_Given entries_
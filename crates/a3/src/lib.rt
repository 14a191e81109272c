// The A3 sum of a fund, out of the cells of exposures by group and column.
#![tactic(auto)]

ghost use Rattle.std.specs.Prelude.{◌≡◌, ℕ, ◌+◌, ◌*◌, ◌≤◌, ◌<◌, min, length, get_or};
ghost use Rattle.words.specs.Words.{sum as sum_below};
ghost use Rattle.wire.specs.Bytes.{M};
ghost use Rattle.limit.specs.Bounds.{most_limit};
ghost use Rattle.cascade.specs.Cascade.{by_tier};
ghost use Rattle.rows.specs.Rows.{most_groups, columns};
ghost use Rattle.a3.specs.A3.{a3_part, a3_at};

use cascade::TIERS;
use cells::A3;
use rows::COLUMNS;

// What of an exposure counts: no more than its tier's limit.
fn capped(exposure: u64, limit: u64) -> u64
    ensures { result ≡ min exposure limit }
{
    exposure.min(limit)
}

// What of group number k counts: tiers 1 and 3 to 6, each up to its limit.
fn part(cells: &[u64], limits: [u64; TIERS], k: usize) -> u64
    requires { (k < most_groups) × (columns * k + columns ≤ length cells.now) × ((t : ℕ) → get_or limits t 0 ≤ most_limit) }
    ensures { result ≡ a3_part (a3_at cells.now k) (by_tier limits) }
{
    let at = COLUMNS * k + A3;
    let first = capped(cells[at], limits[1]);
    let third = capped(cells[at + 1], limits[3]);
    let fourth = capped(cells[at + 2], limits[4]);
    let fifth = capped(cells[at + 3], limits[5]);
    let sixth = capped(cells[at + 4], limits[6]);
    first + third + fourth + fifth + sixth
}

// The A3 sum of the groups of numbers 0 to `groups` - 1.
pub fn sum(cells: &[u64], limits: [u64; TIERS], groups: usize) -> u64
    requires { (groups ≤ most_groups) × (columns * groups ≤ length cells.now) × ((t : ℕ) → get_or limits t 0 ≤ most_limit) }
    ensures { (result ≡ sum_below (λ k. a3_part (a3_at cells.now k) (by_tier limits)) groups) × (result ≤ 3750 * M) }
{
    let mut total: u64 = 0;
    for k in 0..groups {
        total += part(cells, limits, k);
    }
    total
}
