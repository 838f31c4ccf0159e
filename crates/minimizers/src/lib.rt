// The windows of k-mers and the winnowing sketch: definitions and laws, and no code.
#![tactic(auto)]
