// The speech bits between the codec's order and the channel's, by sensitivity class (EN 300 395-2, table 4).
// Ported from lmac/components/tch_reorder.rs; changed: slices are lent, too few entries are refused, the class tables are one.
// A caller gets the 274 entries of its target, or a refusal and the target as it was.
#![tactic(auto)]

ghost use Rattle.std.specs.Prelude.{◌≡◌, ◌≤◌, length};
ghost use Rattle.base.specs.Refusal.{Leaves};
ghost use Rattle.base.specs.Places.{written};
ghost use Rattle.tch_reorder.specs.Order.{reorder_refusal, channel_of, codec_of};

mod classes;

use base::Refusal;
use classes::CLASS_POS;

// For each position in table order subframe 0's entry, then subframe 1's.
fn to_channel(codec: &[u8], channel: &mut [u8])
    requires { (274 ≤ length codec.now) × (274 ≤ length channel.old) }
    ensures { channel.new ≡ written (channel_of codec.now) channel.old }
{
    for (i, position) in CLASS_POS.iter().enumerate() {
        let at = *position as usize - 1;
        channel[2 * i] = codec[at];
        channel[2 * i + 1] = codec[137 + at];
    }
}

fn to_codec(channel: &[u8], codec: &mut [u8])
    requires { (274 ≤ length channel.now) × (274 ≤ length codec.old) }
    ensures { codec.new ≡ codec_of channel.now codec.old }
{
    for (j, position) in CLASS_POS.iter().enumerate() {
        let at = *position as usize - 1;
        codec[at] = channel[2 * j];
        codec[137 + at] = channel[2 * j + 1];
    }
}

// The 274 entries of a speech frame, put from codec order into channel order.
pub fn codec_to_channel(codec: &[u8], channel: &mut [u8]) -> Result<(), Refusal>
    ensures { Leaves (reorder_refusal (length codec.now) (length channel.old))
        (written (channel_of codec.now) channel.old) channel.old channel.new result }
{
    base::inner::sized(codec.len(), 274, channel.len(), 274)?;
    to_channel(codec, channel);
    Ok(())
}

// The 274 entries of a speech frame, put from channel order into codec order.
pub fn channel_to_codec(channel: &[u8], codec: &mut [u8]) -> Result<(), Refusal>
    ensures { Leaves (reorder_refusal (length channel.now) (length codec.old))
        (codec_of channel.now codec.old) codec.old codec.new result }
{
    base::inner::sized(channel.len(), 274, codec.len(), 274)?;
    to_codec(channel, codec);
    Ok(())
}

_Exercise details_
The full set of entries, copied exactly, is the expected answer.

_Answer space_
filename crates/a3/src/lib.rt
repository 14a191e81109272c
// The A3 sum of a fund, out of the cells of exposures by group and column.
#![tactic(auto)]

ghost use Rattle.std.specs.Prelude.{◌≡◌, ℕ, ◌+◌, ◌*◌, ◌≤◌, ◌<◌, min, length, get_or};
ghost use Rattle.words.specs.Words.{sum as sum_below};
ghost use Rattle.wire.specs.Bytes.{M};
ghost use Rattle.limit.specs.Bounds.{most_limit};
ghost use Rattle.cascade.specs.Cascade.{by_tier};
ghost use Rattle.rows.specs.Rows.{most_groups, columns};
ghost use Rattle.a3.specs.A3.{a3_part, a3_at};

use cascade::TIERS;
use cells::A3;
use rows::COLUMNS;

// What of an exposure counts: no more than its tier's limit.
fn capped(exposure: u64, limit: u64) -> u64
    ensures { result ≡ min exposure limit }
{
    exposure.min(limit)
}

// What of group number k counts: tiers 1 and 3 to 6, each up to its limit.
fn part(cells: &[u64], limits: [u64; TIERS], k: usize) -> u64
    requires { (k < most_groups) × (columns * k + columns ≤ length cells.now) × ((t : ℕ) → get_or limits t 0 ≤ most_limit) }
    ensures { result ≡ a3_part (a3_at cells.now k) (by_tier limits) }
{
    let at = COLUMNS * k + A3;
    let first = capped(cells[at], limits[1]);
    let third = capped(cells[at + 1], limits[3]);
    let fourth = capped(cells[at + 2], limits[4]);
    let fifth = capped(cells[at + 3], limits[5]);
    let sixth = capped(cells[at + 4], limits[6]);
    first + third + fourth + fifth + sixth
}

// The A3 sum of the groups of numbers 0 to `groups` - 1.
pub fn sum(cells: &[u64], limits: [u64; TIERS], groups: usize) -> u64
    requires { (groups ≤ most_groups) × (columns * groups ≤ length cells.now) × ((t : ℕ) → get_or limits t 0 ≤ most_limit) }
    ensures { (result ≡ sum_below (λ k. a3_part (a3_at cells.now k) (by_tier limits)) groups) × (result ≤ 3750 * M) }
{
    let mut total: u64 = 0;
    for k in 0..groups {
        total += part(cells, limits, k);
    }
    total
}
repository 838f31c4ccf0159e
filename crates/minimizers/src/lib.rt
// The windows of k-mers and the winnowing sketch: definitions and laws, and no code.
#![tactic(auto)]
// The speech bits between the codec's order and the channel's, by sensitivity class (EN 300 395-2, table 4).
// Ported from lmac/components/tch_reorder.rs; changed: slices are lent, too few entries are refused, the class tables are one.
// A caller gets the 274 entries of its target, or a refusal and the target as it was.
#![tactic(auto)]

ghost use Rattle.std.specs.Prelude.{◌≡◌, ◌≤◌, length};
ghost use Rattle.base.specs.Refusal.{Leaves};
ghost use Rattle.base.specs.Places.{written};
ghost use Rattle.tch_reorder.specs.Order.{reorder_refusal, channel_of, codec_of};

mod classes;

use base::Refusal;
use classes::CLASS_POS;

// For each position in table order subframe 0's entry, then subframe 1's.
fn to_channel(codec: &[u8], channel: &mut [u8])
    requires { (274 ≤ length codec.now) × (274 ≤ length channel.old) }
    ensures { channel.new ≡ written (channel_of codec.now) channel.old }
{
    for (i, position) in CLASS_POS.iter().enumerate() {
        let at = *position as usize - 1;
        channel[2 * i] = codec[at];
        channel[2 * i + 1] = codec[137 + at];
    }
}

fn to_codec(channel: &[u8], codec: &mut [u8])
    requires { (274 ≤ length channel.now) × (274 ≤ length codec.old) }
    ensures { codec.new ≡ codec_of channel.now codec.old }
{
    for (j, position) in CLASS_POS.iter().enumerate() {
        let at = *position as usize - 1;
        codec[at] = channel[2 * j];
        codec[137 + at] = channel[2 * j + 1];
    }
}

// The 274 entries of a speech frame, put from codec order into channel order.
pub fn codec_to_channel(codec: &[u8], channel: &mut [u8]) -> Result<(), Refusal>
    ensures { Leaves (reorder_refusal (length codec.now) (length channel.old))
        (written (channel_of codec.now) channel.old) channel.old channel.new result }
{
    base::inner::sized(codec.len(), 274, channel.len(), 274)?;
    to_channel(codec, channel);
    Ok(())
}

// The 274 entries of a speech frame, put from channel order into codec order.
pub fn channel_to_codec(channel: &[u8], codec: &mut [u8]) -> Result<(), Refusal>
    ensures { Leaves (reorder_refusal (length channel.now) (length codec.old))
        (codec_of channel.now codec.old) codec.old codec.new result }
{
    base::inner::sized(channel.len(), 274, codec.len(), 274)?;
    to_codec(channel, codec);
    Ok(())
}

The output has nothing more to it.